Dear farm girl, you posted on the day of my beloved Tim’s sudden death in his sleep. I feel a connection with you for that reason and I am so understanding of your description of the clamoring tongues spouting nonsense.
I hope you are letting nature help you. I figured you must live on or near farm country. So do I. My Tim and I moved to the country in the last 4 years of his shortened life and it is my greatest comfort now, along with our 4 cats. He lives in them and in our land. At least that is how it feels to me in my bones.
Wishing you peace,
Marilyn
Grieving introvert is a good name for how I have been, especially lately. I don’t know if it is people are uncomfortable or if I am just acting strange. Thanks for
helping me to feel normal in my own skin.
you’re welcome, Aggie.
I have just passed the 4-month mark of losing my best friend/boyfriend/soulmate. I have experienced a wide range of emotions & feelings. It was a meeting with a grief counselor, she told me that I was struggling with my identity since losing Steve, so now having that playing & replaying in my mind I started to do some research.
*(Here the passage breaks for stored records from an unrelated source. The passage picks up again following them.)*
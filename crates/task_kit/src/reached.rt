//! The nodes of a search: the states that it has reached, and how.
ghost use Rattle.std.specs.Prelude.{ℕ, ◌≡◌, ◌<◌, ◌++◌, ◌∷◌, [], Some, length, slice_get, Contains};
ghost use Rattle.std.specs.Prelude.{IsTrue, IfSome, IfNone, IfOk, OnOk};
ghost use Rattle.task_kit.specs.declared.reached.SearchNode.{SearchNode};
ghost use Rattle.task_kit.specs.Queues.{IsOpen, Puts, Takes};
ghost use Rattle.task_kit.specs.Reached.{reached, nothing, IsIndexed, IsBeaten, Adds, Notes};

use crate::queue::Queue;
use indexmap::IndexSet;
use mre_base::{Bits, NoMemory};
use std::alloc::Global;

/// A path from the start to a state, as its last node: the place of the state, the cost of the
/// path, and the place of the node before it with the action that leads from there. The first node
/// has no step.
#[derive(Clone, Copy)]
pub struct SearchNode {
    pub state: usize,
    pub cost: u64,
    pub parent: usize,
    pub action: u32,
}

/// The states in the order in which they were reached, with the latest node of each, which is its
/// cheapest so far.
pub struct Table {
    alloc: Global,
    states: IndexSet<Bits>,
    last: Vec<usize>,
    nodes: Vec<SearchNode>,
    open_nodes: Queue,
}

impl Drop for Table {
    fn drop(self) {
        let Table {
            alloc: _,
            states: _,
            last: _,
            nodes: _,
            open_nodes: _,
        } = self;
    }
}

fn place_of(states: &IndexSet<Bits>, state: &Bits) -> Option<usize>
    ensures there { IfSome result (λ place. slice_get states.now.keys place ≡ Some state.now) }
    ensures absent { IfNone result (¬ Contains states.now.keys state.now) }
{
    states.get_index_of(state)
}

fn insert(states: &mut IndexSet<Bits>, state: Bits) -> Result<(), NoMemory>
    requires { ¬ Contains states.old.keys state }
    ensures { OnOk result (states.new.keys ≡ states.old.keys ++ state ∷ []) }
{
    states.insert(state)?;
    Ok(())
}

// The cost of the latest node of the state at a place.
fn last_cost(last: &Vec<usize>, nodes: &Vec<SearchNode>, place: usize) -> u64
    requires place { place < length last.now.items }
    requires held { (at : ℕ) → slice_get last.now.items place ≡ Some at
        → at < length nodes.now.items }
    ensures { (at : ℕ) (node : SearchNode) → slice_get last.now.items place ≡ Some at →
        slice_get nodes.now.items at ≡ Some node → result ≡ node.cost }
{
    nodes[last[place]].cost
}

impl Table {
    /// The table whose only node is the start.
    pub fn from_start(alloc: Global, start: &Bits) -> Result<Table, NoMemory>
        ensures indexed { IfOk result (λ table. IsIndexed (reached table)) }
        ensures adds { IfOk result (λ table. Adds nothing start.now 0 0 0 (reached table)) }
    {
        let mut table = Table {
            alloc,
            states: IndexSet::new(alloc),
            last: Vec::new(alloc),
            nodes: Vec::new(alloc),
            open_nodes: Queue::new(alloc),
        };
        table.note(start, 0, 0, 0)?;
        Ok(table)
    }

    /// Adds a node for a state, unless the state has a node that costs no more.
    pub fn note(
        &mut self,
        state: &Bits,
        cost: u64,
        parent: usize,
        action: u32,
    ) -> Result<(), NoMemory>
        requires { IsIndexed (reached self.old) }
        ensures indexed { OnOk result (IsIndexed (reached self.new)) }
        ensures notes { OnOk result
            (Notes (reached self.old) state.now cost parent action (reached self.new)) }
    {
        match place_of(&self.states, state) {
            Some(place) => {
                if last_cost(&self.last, &self.nodes, place) <= cost {
                    return Ok(());
                }
                self.last[place] = self.nodes.len();
                self.add_node(place, cost, parent, action)?;
                Ok(())
            }
            None => {
                let place = self.states.len();
                insert(&mut self.states, state.copy(self.alloc)?)?;
                self.last.push(self.nodes.len())?;
                self.add_node(place, cost, parent, action)?;
                Ok(())
            }
        }
    }

    // Adds a node for the state at a place to the nodes and to the open list.
    fn add_node(
        &mut self,
        state: usize,
        cost: u64,
        parent: usize,
        action: u32,
    ) -> Result<(), NoMemory>
        ensures nodes { OnOk result (self.new.nodes.items ≡ self.old.nodes.items
            ++ (record { state = state; cost = cost; parent = parent; action = action }) ∷ []) }
        ensures open_nodes { OnOk result
            (Puts self.old.open_nodes (length self.old.nodes.items) self.new.open_nodes) }
        ensures states { self.new.states.keys ≡ self.old.states.keys }
        ensures last { self.new.last.items ≡ self.old.last.items }
    {
        let at = self.nodes.len();
        self.nodes.push(SearchNode {
            state,
            cost,
            parent,
            action,
        })?;
        self.open_nodes.put(cost, at)?;
        Ok(())
    }

    /// Takes the open node with the least cost.
    pub fn next(&mut self) -> Option<usize>
        ensures some { IfSome result (λ at. Takes self.old.open_nodes at self.new.open_nodes) }
        ensures none { IfNone result ((at : ℕ) → ¬ IsOpen self.old.open_nodes at) }
        ensures rest { reached self.new
            ≡ record (reached self.old) { open_nodes = self.new.open_nodes } }
    {
        self.open_nodes.next()
    }

    pub fn node(&self, at: usize) -> SearchNode
        requires { at < length self.now.nodes.items }
        ensures { slice_get self.now.nodes.items at ≡ Some result }
    {
        self.nodes[at]
    }

    pub fn state(&self, place: usize) -> &Bits
        requires { place < length self.now.states.keys }
        ensures { slice_get self.now.states.keys place ≡ Some result.now }
    {
        &self.states.as_slice()[place]
    }

    /// Whether the node's state has a cheaper node.
    pub fn is_beaten(&self, node: SearchNode) -> bool
        requires indexed { IsIndexed (reached self.now) }
        requires stated { node.state < length self.now.states.keys }
        ensures { IsTrue result → IsBeaten (reached self.now) node }
    {
        last_cost(&self.last, &self.nodes, node.state) < node.cost
    }
}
Part of the research has landed me here, which has truly been a Godsend. After much surfing of the net & book reading in the last month, I have recognized & been able understand the stages of grief that I am going through, and that I’m not losing my mind. I just worry that I’m going to be stuck in my grief for the rest of the time. Thank you for sharing your story & offering the much needed information that is helping others & myself. This is the hardest thing that I have ever had to deal with.